Notice of Dividends, etc.; Fixing Record Date for Holders of Receipts
.
Whenever any cash dividend or other cash distribution shall become payable or any distribution
other than cash shall be made, or if rights, preferences or privileges shall at any time be
offered, with respect to Stock, or whenever the Depositary shall receive notice of any meeting at
which holders of Stock are entitled to vote or of which holders of Stock are entitled to notice, or
whenever the Depositary and the Company shall decide it is appropriate, the Depositary shall in
each such instance fix a record date (which shall be the same date as the record date fixed by the
Company with respect to, or otherwise in accordance with the terms of, the Stock, as identified in
a written notice to the Depositary of such record date) for the determination of the holders of
Receipts who shall be entitled to receive such dividend, distribution, rights, preferences or
privileges or the net proceeds of the sale thereof, or to give instructions for the exercise of
voting rights at any such meeting, or who shall be entitled to notice of such meeting or for any
other appropriate reasons.
Section 4.5.
Voting Rights
.
Upon receipt of notice of any meeting at which the holders of Stock are entitled to vote, the
Depositary shall, as soon as practicable thereafter, mail to the record holders of Receipts a
notice prepared by the Company which shall contain (i) such information as is contained in such
notice of meeting and (ii) a statement that the holders may, subject to any applicable
restrictions, instruct the Depositary as to the exercise of the voting rights pertaining to the
amount of Stock represented by their respective Depositary Shares (including an express indication
that instructions may be given to the Depositary to give a discretionary proxy to a person
designated by the Company) and a brief statement as to the manner in which such instructions may be
given. Upon the written request of the holders of Receipts on the relevant record date, the
Depositary shall endeavor insofar as practicable to vote or cause to be voted, in accordance with
the instructions set forth in such requests, the maximum number of whole shares of Stock
represented by the Depositary Shares evidenced by all Receipts as to which any particular voting
instructions are received. The Company hereby agrees to take all reasonable action which may be
deemed necessary by the Depositary in order to enable the Depositary to vote such Stock or cause
such Stock to be voted. In the absence of authorization from the holder of a Receipt, the
Depositary will abstain from voting (but shall appear at any meeting with respect to the Stock
unless directed to the contrary by the record holders of
13
all the related Receipts) to the extent of the shares of Stock (or portion thereof)

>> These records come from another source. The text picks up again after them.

//! Records are read back.
ghost use Rattle.std.specs.Prelude.{◌≡◌, ◌≤◌, ◌<◌, ◌+◌, ◌^◌, ◌⊎◌, ◌↔◌, ℕ, List, All, length, IfOk, IfErr, Err, MatchResult};
ghost use Rattle.page_ids.specs.Layout.{u32_at, u64_at};
ghost use Rattle.page_ids.specs.declared.limits.TheConstants.{LAST_LSN, RECORD_BYTES};
ghost use Rattle.redo_mark.specs.Records.{FitsRecord, record_of};
ghost use Rattle.redo_mark.specs.Reading.{u16_at, IsRecord, IsNoRecord, HasEnd, BeginsWith};
ghost use Rattle.redo_mark.specs.declared.record.Change.{Change};
ghost use Rattle.redo_mark.specs.declared.reading.ChangeErr.{ChangeErr};

use crate::record::{Change, ChangeKind, Span};
use page_ids::{Bytes, OutOfMemory, PageId};
use std::alloc::{AllocError, Global};

/// Why no record stands at the front of bytes: the first of these that is so, with what was found.
#[derive(Clone, Copy, Debug, PartialEq, Eq)]
pub enum ChangeErr {
    /// There was no memory for the change's bytes.
    OutOfMemory,
    /// So many bytes are there, and the record needs more: 13 up to its count, and then as many as the count says.
    Short { need: u64, have: u64 },
    /// The first byte is no kind of a change.
    Kind { found: u8 },
    /// Another end LSN stands at the record's end than that of a record that starts at this LSN.
    Lsn { found: u64, want: u64 },
}

impl From<AllocError> for ChangeErr {
    ghost use Rattle.redo_mark.specs.declared.reading.ChangeErr.TheVariants.{OutOfMemory};

    ghost from_gives = { λ _ e. e ≡ OutOfMemory };

    fn from(_error: AllocError) -> ChangeErr {
        ChangeErr::OutOfMemory
    }
}

/// The number in two bytes.
fn read_u16(bytes: &[u8], at: usize) -> u16
    requires { at + 2 ≤ length bytes.now }
    ensures { result ≡ u16_at bytes.now at }
{
    u16::from_be_bytes([bytes[at], bytes[at + 1]])
}

/// The number in four bytes.
fn read_u32(bytes: &[u8], at: usize) -> u32
    requires { at + 4 ≤ length bytes.now }
    ensures { result ≡ u32_at bytes.now at }
{
    u32::from_be_bytes([bytes[at], bytes[at + 1], bytes[at + 2], bytes[at + 3]])
}

/// The number in eight bytes.
fn read_u64(bytes: &[u8], at: usize) -> u64
    requires { at + 8 ≤ length bytes.now }
    ensures { result ≡ u64_at bytes.now at }
{
    u64::from_be_bytes([
        bytes[at],
        bytes[at + 1],
        bytes[at + 2],
        bytes[at + 3],
        bytes[at + 4],
        bytes[at + 5],
        bytes[at + 6],
        bytes[at + 7],
    ])
}

/// The kind and the count of the record at the front of the bytes, or why none that starts at this LSN stands there.
fn judge(bytes: &[u8], start: u64) -> Result<(ChangeKind, usize), ChangeErr>
    requires limit { start ≤ LAST_LSN }
    ensures found { IfOk result (λ r. HasEnd bytes.now start r.0 r.1) }
    ensures refused { IfErr result (IsNoRecord bytes.now start) }
{
    let have = bytes.len();
    if have < 13 {
        return Err(ChangeErr::Short {
            need: 13,
            have: have as u64,
        });
    }
    let kind = match bytes[0] {
        1 => ChangeKind::Put,
        2 => ChangeKind::Create,
        found => return Err(ChangeErr::Kind { found }),
    };
    let count = read_u16(bytes, 11) as usize;
    if have < 21 + count {
        return Err(ChangeErr::Short {
            need: (21 + count) as u64,
            have: have as u64,
        });
    }
    let found = read_u64(bytes, 13 + count);
    let want = start + 21 + count as u64;
    if found != want {
        return Err(ChangeErr::Lsn { found, want });
    }
    Ok((kind, count))
}

/// Reads the record at the front of the bytes, which starts at the LSN `start`; what follows it isn't looked at.
///
/// `at` and the bytes of a create record are handed on as they stand (InnoDB's `recv_parse_log_rec`).
pub fn read_change(alloc: Global, bytes: &[u8], start: u64) -> Result<(Change, Span), ChangeErr>
    requires limit { start ≤ LAST_LSN }
    ensures record { IfOk result (λ r. IsRecord bytes.now start r.0) }
    ensures whole { IfOk result (λ r. FitsRecord r.0 × BeginsWith bytes.now (record_of r.0 start)) }
    ensures span { IfOk result (λ r. (r.1.start ≡ start) × (r.1.end ≡ start + RECORD_BYTES + length r.0.bytes)) }
    ensures exact { (c : Change) → FitsRecord c → BeginsWith bytes.now (record_of c start)
        → MatchResult result (λ r. r.0 ≡ c) (λ e. e ≡ ChangeErr.OutOfMemory) }
    ensures refused { IfErr result (λ e. (e ≡ ChangeErr.OutOfMemory) ⊎ IsNoRecord bytes.now start e) }
    ensures named { (e : ChangeErr) → IsNoRecord bytes.now start e → result ≡ Err e }
{
    let (kind, count) = judge(bytes, start)?;
    let body = Vec::from_slice(alloc, &bytes[13..13 + count])?;
    let page = PageId {
        space: read_u32(bytes, 1),
        page: read_u32(bytes, 5),
    };
    let change = Change {
        page,
        kind,
        at: u32::from(read_u16(bytes, 9)),
        bytes: Bytes::of(body),
    };
    let end = start + 21 + count as u64;
    Ok((change, Span { start, end }))
}

/// The fields at the front of bytes are those of a change's record exactly where the bytes begin with that record.
pub fn records_are_whole()
    ensures { (bytes : List ℕ) (start : ℕ) (c : Change) → All (λ b. b < 256) bytes → start ≤ LAST_LSN
        → (IsRecord bytes start c ↔ (FitsRecord c × BeginsWith bytes (record_of c start))) }
{}
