//! The calls of a device in memory, some of which are made to fail.
ghost use Rattle.std.specs.Prelude.{◌≡◌, ◌≤◌, IsTrue, ◌↔◌, Contains};
ghost use Rattle.redo_mark.specs.Memory.{Counts, risen};

use page_ids::Failed;
use std::marker::Model;

/// Counts the calls of a device in memory, its faults and its wants of memory. Each count stands still at `2^64 - 1`.
#[derive(Debug, Drop)]
pub struct Calls {
    failing: Vec<u64>,
    made: u64,
    faults: u64,
    wants: u64,
}

impl Model for Calls {
    ghost use Rattle.redo_mark.specs.Memory.{Counts};

    ghost Value = { Counts };

    ghost view = { λ c. record { failing = c.failing.items; made = c.made; faults = c.faults; wants = c.wants } };
}

impl Calls {
    /// No call was made yet; those with these numbers, counted from 1, will fail.
    pub fn new(failing: Vec<u64>) -> Calls
        ensures { result ≡ record { failing = failing.items; made = 0; faults = 0; wants = 0 } }
    {
        Calls {
            failing,
            made: 0,
            faults: 0,
            wants: 0,
        }
    }

    /// Counts a call, and tells whether it is listed.
    pub fn begin(&mut self) -> bool
        ensures listed { IsTrue result ↔ Contains self.old.failing (risen self.old.made) }
        ensures made { self.new ≡ record self.old { made = risen self.old.made } }
    {
        self.made = self.made.saturating_add(1);
        self.failing.contains(&self.made)
    }

    /// Counts a fault.
    pub fn fail(&mut self) -> Failed
        ensures faults { self.new ≡ record self.old { faults = risen self.old.faults } }
        ensures later { self.old.faults ≤ self.new.faults }
    {
        self.faults = self.faults.saturating_add(1);
        Failed
    }

    /// Counts a want of memory.
    pub fn want(&mut self)
        ensures { self.new ≡ record self.old { wants = risen self.old.wants } }
    {
        self.wants = self.wants.saturating_add(1);
    }

    /// The count of faults.
    pub fn faults(&self) -> u64
        ensures { result ≡ self.now.faults }
    {
        self.faults
    }

    /// The count of wants of memory.
    pub fn wants(&self) -> u64
        ensures { result ≡ self.now.wants }
    {
        self.wants
    }
}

represented by the applicable Depositary Shares evidenced by such Receipt.
Section 4.6.
Changes Affecting Deposited Securities and Reclassifications,
Recapitalizations, etc.
Upon any change in par or stated value, split-up, combination or any other reclassification of
the Stock, or upon any recapitalization, reorganization, merger or consolidation affecting the
Company or to which it is a party, the Depositary may in its discretion with the approval of, and
shall upon the instructions of, the Company, and (in either case) in such manner as the Depositary
may deem equitable, (i) make such adjustments as are certified by the Company in the fraction of an
interest represented by one Depositary Share in one share of Stock and in the ratio of the
Depositary Share Redemption Price to the Preferred Stock Redemption Price, in each case as may be
necessary fully to reflect the effects of such change in par or stated value, split-up, combination
or other reclassification of Stock, or of such recapitalization, reorganization, merger or
consolidation and (ii) treat any securities which shall be received by the Depositary in exchange
for or upon conversion of or in respect of the Stock as new deposited securities so received in
exchange for or upon conversion or in respect of such Stock. In any such case the Depositary may in
its discretion, with the approval of the Company, execute and deliver additional Receipts or may
call for the surrender of all outstanding Receipts to be exchanged for new Receipts specifically
describing such new deposited securities. Anything to the contrary herein notwithstanding, holders
of Receipts shall have the right from and after the effective date of any such change in par or
stated value, split-up, combination or other reclassification of the Stock or any such
recapitalization, reorganization, merger or consolidation to surrender such Receipts to the
Depositary with instructions to convert, exchange or surrender the Stock represented thereby only
into or for, as the case may be, the kind and amount of shares of stock and other securities and
property and cash into which the Stock represented by such Receipts might have been converted or
for which such Stock might have been exchanged or surrendered immediately prior to the effective
date of such transaction.
Section 4.7.
Delivery of Reports
.
The Depositary shall furnish to holders of Receipts any reports and communications received
from the Company which are received by the Depositary and which the Company is required to furnish
to the holders of the Stock.
Section 4.8.
Lists of Receipt Holders
.
Promptly upon request from time to time by the Company, the Depositary shall furnish to it a
list, as of the most recent practicable date, of the names, addresses and holdings of Depositary
Shares of all record holders of Receipts.
14
ARTICLE V
The Depositary, the Depositarys
Agents, the Registrar and the Company
Section 5.1.
Maintenance of Offices, Agencies and Transfer Books by the Depositary;
Registrar
.
Upon execution of this Deposit Agreement, the Depositary shall maintain at the Depositarys
Office, facilities for the execution and delivery, registration and registration of transfer,
surrender and exchange of Receipts, and at the offices of the Depositarys Agents, if any,
facilities for the delivery, registration of transfer, surrender and exchange of Receipts, all in
accordance with the provisions of this Deposit Agreement.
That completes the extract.